Headteacher Andrew O’Neill, of All Saints Catholic College in West London, doesn’t allow pupils’ smartphones to be switched on at school, but wants the narrative to be about “what you give pupils” rather than “banning and taking away”.
This year he ran extended 11-hour days for Year 7 and 8 pupils over two periods of 10 weeks and four weeks, giving them more opportunities to socialise away from screens. Assistant head Rebecca Fulla saw pupils rediscover the joys of hide and seek, chess and rounders, with Uno being “by far their favourite” game.
Player also believes the solution to smartphone addiction lies not in bans, but in educating parents to “control these devices”. “Parents want that advice and support.

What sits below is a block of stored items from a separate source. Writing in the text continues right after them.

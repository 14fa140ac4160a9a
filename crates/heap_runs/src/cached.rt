//! What a client does by its desk alone: no turn is taken, no hook is asked, and nobody is waited for.
ghost use Rattle.std.specs.Prelude.{◌≡◌, IfOk, OnErr};
ghost use Rattle.atomic_table.specs.Seated.{TableId};
ghost use Rattle.heap_runs.specs.Cached.{FreesAtOnce, GivesAtOnce, IsFree, StaysPut};
ghost use Rattle.heap_runs.specs.Heaps.{MayCall};
ghost use Rattle.heap_runs.specs.declared.heaps.SharedHeap.{SharedHeap};

use crate::heaps::Ctx;
use size_classes::{CACHED_CLASSES, class_of};
use std::alloc::AllocError as NoMemory;

/// What came of a free that takes no turn.
#[derive(Clone, Copy, Debug, PartialEq, Eq)]
pub enum CachedFree {
    /// The region is cached.
    Kept,
    /// The slots of its class are used: the client holds the region still.
    Full,
    /// The cache is off, or its class has no slots: the client holds the region still.
    Off,
    /// The client holds no region at the address.
    NotHeld,
}

impl Ctx {
    /// A region of at least so many bytes that the client has cached, at its address, as `malloc` would give it at once. `None` is
    /// exactly where the client's cache is off, no class below 41 serves the size, or it has cached no region of the class.
    ///
    /// Takes memory only for the place of the region among those that the client holds, and nothing changes where there is none.
    pub fn malloc_cached(&mut self, size: u64) -> Result<Option<u64>, NoMemory>
        requires free { IsFree self.old }
        ensures put { StaysPut self.old self.new }
        ensures gives { IfOk result (λ addr. GivesAtOnce size addr self.old self.new) }
        ensures err { OnErr result (self.new.desk.facts ≡ self.old.desk.facts) }
        ensures may { (shelf : TableId) (heap : SharedHeap) → MayCall shelf heap self.old → MayCall shelf heap self.new }
    {
        let Ok(class) = class_of(size) else {
            return Ok(None);
        };
        self.desk.reserve()?;
        let Some(region) = self.desk.take_hit(class) else {
            return Ok(None);
        };
        self.desk.hold(region);
        Ok(Some(region.addr))
    }

    /// The client caches a region that it holds at an address, if it can.
    fn cache_held(&mut self, addr: u64) -> CachedFree
        requires free { IsFree self.old }
        ensures put { StaysPut self.old self.new }
        ensures frees { FreesAtOnce addr result self.old self.new }
    {
        let Some(region) = self.desk.held_at(addr) else {
            return CachedFree::NotHeld;
        };
        if !self.desk.caches() || region.class >= CACHED_CLASSES {
            return CachedFree::Off;
        }
        if self.desk.hand_for(region).is_some() {
            return CachedFree::Full;
        }
        self.desk.lose(addr);
        self.desk.free(region);
        CachedFree::Kept
    }

    /// The client caches a region that it holds at an address, where there is a slot left, as `free` would at once. Else nothing
    /// changes. Takes no memory.
    pub fn free_cached(&mut self, addr: u64) -> CachedFree
        requires free { IsFree self.old }
        ensures put { StaysPut self.old self.new }
        ensures frees { FreesAtOnce addr result self.old self.new }
        ensures may { (shelf : TableId) (heap : SharedHeap) → MayCall shelf heap self.old → MayCall shelf heap self.new }
    {
        self.cache_held(addr)
    }
}
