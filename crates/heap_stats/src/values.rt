//! The counts of arenas as values of JSON.

ghost use Rattle.std.specs.Prelude.{◌≡◌, codes, map, IfOk};
ghost use Rattle.serde_json.specs.View.{items_of, view};
ghost use Rattle.serde_json.specs.Data.{array, member, no_members, object};
ghost use Rattle.heap_stats.specs.Json.{arena_data, arenas_from};

use serde_json::{Value, json};
use space_model::Counts;
use std::alloc::{AllocError as NoMemory, Global};

/// The object of one arena.
fn arena_value(alloc: Global, index: u64, counts: &Counts) -> Result<Value, NoMemory>
    ensures { IfOk result (λ value. view value ≡ arena_data index counts.now) }
{
    json!(in alloc; {
        "index": index,
        "allocated": (counts.allocated),
        "active": (counts.active),
        "dirty": (counts.dirty),
        "muzzy": (counts.muzzy),
        "retained": (counts.retained),
        "flight": (counts.flight),
        "mapped": (counts.mapped)
    })
}

/// The objects of the live arenas, by index.
pub(crate) fn arena_values(alloc: Global, counts: &[Option<Counts>]) -> Result<Vec<Value>, NoMemory>
    ensures { IfOk result (λ values. map view values.items ≡ arenas_from 0 counts.now) }
{
    let mut values = Vec::new(alloc);
    for (index, counts) in counts.iter().enumerate() {
        if let Some(counts) = counts {
            values.push(arena_value(alloc, index as u64, counts)?)?;
        }
    }
    Ok(values)
}

/// The object with these arenas.
pub(crate) fn report_value(alloc: Global, arenas: Vec<Value>) -> Result<Value, NoMemory>
    ensures { IfOk result (λ value. view value ≡ object (member (codes "arenas") (array (items_of (map view arenas.items))) no_members)) }
{
    json!(in alloc; {"arenas": (Value::Array(arenas))})
}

They want their children back, but they don’t know how to do this,” he says.
Meanwhile, almost three months after the Stanway experiment ended, the four pupils we spoke to all said they’re now using their phones less.
Miles, who had spent six hours a day on devices, now spends more time “playing chess” with his dad, who has banned him from using his phone upstairs.
At John Wallis Academy, deputy head Terri-Ann Smee sees pupils now bringing board games into school. Some are creating their own games.
Boomer-Clark said the “atmosphere” at John Williams has changed since smartphones were banned, with pupils at breaktimes “wanting to socialise and be present in that moment”.
Smith believes his blanket smartphone ban will reap dividends in the future, when “the average parent choosing this school will turn to their son and say, ‘I’m not going to buy you a smartphone because you’re going to Fulham Boys School.
“That will give them a few more years of their childhood back.”